Schlanker Staat

Herabwirtschaften des Wohnungsbestandes durch Heuschrecken auf Kosten der Mieter

Beispiel Nr. 7 für die Folgen eines schlanken Staates

Um die Haushalte zu sanieren, veräußert die öffentliche Hand hunderttausende Wohnungen an Private. Zwar ist der Glaube Neoliberalismus, dass die Privatwirtschaft es ohnehin besser kann als die öffentliche Hand. Die Erfahrung zeigt aber: Es ist nicht immer so – zumal, wenn man es aus der Sicht des Mieters betrachtet. Unter der Überschrift „Mieterschreck Gagfah“ berichtet die Financial Times Deutschland (12.3.2010):

„Mit dem Immobilienunternehmen Gagfah übernahm US-Finanzinvestor Fortress Tausende Wohnungen. Damit die Rendite stimmt, wurden die Häuser vernachlässigt – nicht nur das Geschäftsmodell könnte in sich zusammenzufallen. …

Wenn man das noch wohnen nennen kann: Von den Außenwänden der Häuser aus den 70er-Jahren fallen Schieferplatten, die blassgrün gestrichenen Treppenhauswände schimmeln, an den Decken hängen Spinnenweben, die Tapete hat riesige Löcher. … Die marode Hochhaussiedlung gehört der Gagfah.

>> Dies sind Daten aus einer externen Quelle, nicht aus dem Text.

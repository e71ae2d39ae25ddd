//! Theorems about the definitions. Each `ensures` states one; the functions have no effect.

ghost use Rattle.std.specs.Prelude.{◌≡◌, [], ◌∷◌, ◌++◌, ℕ, List};
ghost use Rattle.std.specs.List.{Contains};
ghost use Rattle.stix_json.specs.declared.entry.Entry.{Entry};
ghost use Rattle.taxii_rows.specs.declared.described.Described.{Described};
ghost use Rattle.taxii_rows.specs.StoreState.{StoreState};
ghost use Rattle.taxii_client.specs.Absorbing.{Absorbed, Absorbs, IsKeptEntry};
ghost use Rattle.taxii_client.specs.Mirrored.{Mirrored};
ghost use Rattle.taxii_client.specs.Standing.{IsStored, GrowsOnce};

use stix_objects::laws::one_id;
use taxii_rows::laws::one_version;

/// A further page extends the pages absorbed before.
pub fn pages_continue()
    ensures first { (collection : ℕ) (state : StoreState) → Mirrored collection state [] state }
    ensures next { (collection : ℕ) (state before after : StoreState) (pages : List Absorbed)
        (page : Absorbed)
        → Mirrored collection state pages before → Absorbs collection page before after
        → Mirrored collection state (pages ++ page ∷ []) after }
{}

/// A page with the entries of an earlier page leaves the store unchanged (`stays`), so it can be
/// removed from the sequence (`taken_out`).
pub fn repeats_change_nothing()
    ensures stays { (collection : ℕ) (state before after : StoreState) (pages : List Absorbed)
        (page again : Absorbed)
        → Mirrored collection state pages before → Contains pages page
        → again.entries ≡ page.entries
        → Absorbs collection again before after → after ≡ before }
    ensures taken_out { (collection : ℕ) (state last : StoreState) (pages rest : List Absorbed)
        (page again : Absorbed)
        → Contains pages page → again.entries ≡ page.entries
        → Mirrored collection state (pages ++ again ∷ rest) last
        → Mirrored collection state (pages ++ rest) last }
{
    one_id();
    one_version();
}

/// The last state has a row for every valid entry of the pages (`present`), and no row that they
/// added is duplicated (`once`).
pub fn pages_are_stored_once()
    ensures present { (collection : ℕ) (state last : StoreState) (pages : List Absorbed)
        (page : Absorbed) (entry : Entry) (object : Described)
        → Mirrored collection state pages last → Contains pages page → Contains page.entries entry
        → IsKeptEntry entry object
        → IsStored collection object last.rows }
    ensures once { (collection : ℕ) (state last : StoreState) (pages : List Absorbed)
        → Mirrored collection state pages last → GrowsOnce state.rows last.rows }
{
    one_id();
    one_version();
}
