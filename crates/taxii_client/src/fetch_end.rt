use crate::ReplyRefusal;
use flow_values::{Fault, NoMemory};
use http_messages::ReplyEnd;
use thiserror::Error;

/// Why a page could not be fetched over a link.
#[derive(Clone, Copy, Debug, PartialEq, Eq, Hash, Error)]
pub enum FetchEnd {
    /// A read or a write failed; the link has counted it.
    #[error("the link failed")]
    Fault,
    /// The link's bytes end inside the response.
    #[error("the reply is cut")]
    Cut,
    #[error("the reply is refused: {0}")]
    Refused(ReplyRefusal),
    #[error("out of memory")]
    NoMemory,
}

impl From<Fault> for FetchEnd {
    ghost use Rattle.std.specs.Prelude.{◌≡◌};
    ghost use Rattle.taxii_client.specs.declared.fetch_end.FetchEnd.TheVariants as FetchEnd;

    ghost from_gives = { λ _ end. end ≡ FetchEnd.Fault };

    fn from(_: Fault) -> FetchEnd {
        FetchEnd::Fault
    }
}

impl From<NoMemory> for FetchEnd {
    ghost use Rattle.std.specs.Prelude.{◌≡◌};
    ghost use Rattle.taxii_client.specs.declared.fetch_end.FetchEnd.TheVariants as FetchEnd;

    ghost from_gives = { λ _ end. end ≡ FetchEnd.NoMemory };

    fn from(_: NoMemory) -> FetchEnd {
        FetchEnd::NoMemory
    }
}

impl From<ReplyEnd> for FetchEnd {
    ghost use Rattle.std.specs.Prelude.{◌≡◌};
    ghost use Rattle.taxii_client.specs.ReplyRefusals.{for_reply};

    ghost from_gives = { λ reply end. end ≡ for_reply reply };

    fn from(end: ReplyEnd) -> FetchEnd {
        match end {
            ReplyEnd::Fault => FetchEnd::Fault,
            ReplyEnd::Cut => FetchEnd::Cut,
            ReplyEnd::Refused(head) => FetchEnd::Refused(ReplyRefusal::from(head)),
            ReplyEnd::NoMemory => FetchEnd::NoMemory,
        }
    }
}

Mit bundesweit 170.000 Wohneinheiten und mehr als 350.000 Mietern ist das Unternehmen Deutschlands größter börsennotierter Immobilienkonzern. Die Konzernzentrale steht in Essen, offizieller Firmensitz ist Luxemburg. Mehrheitsaktionär ist der angeschlagene US-Finanzinvestor Fortress. Und das ist das Problem.

Seit Monaten beklagen Mieterschützer und Immobilienexperten, dass der Investor aus Übersee die deutsche Tochter bis auf den letzten Cent ausquetsche. Zulasten der Mieter. … Es ist wie ein böses Erwachen. Laut dem Maklerhaus Cushman & Wakefield erwarben Finanzinvestoren zwischen 2003 und 2008 dank billiger Kredite rund 870.000 Wohnungen in Deutschland. Die Geschäftsidee war simpel: Die Immobilientöchter mussten für die Schulden aufkommen und Sonderdividenden ausschütten, anschließend wurden sie umgebaut, ausgeschlachtet, weiterverkauft.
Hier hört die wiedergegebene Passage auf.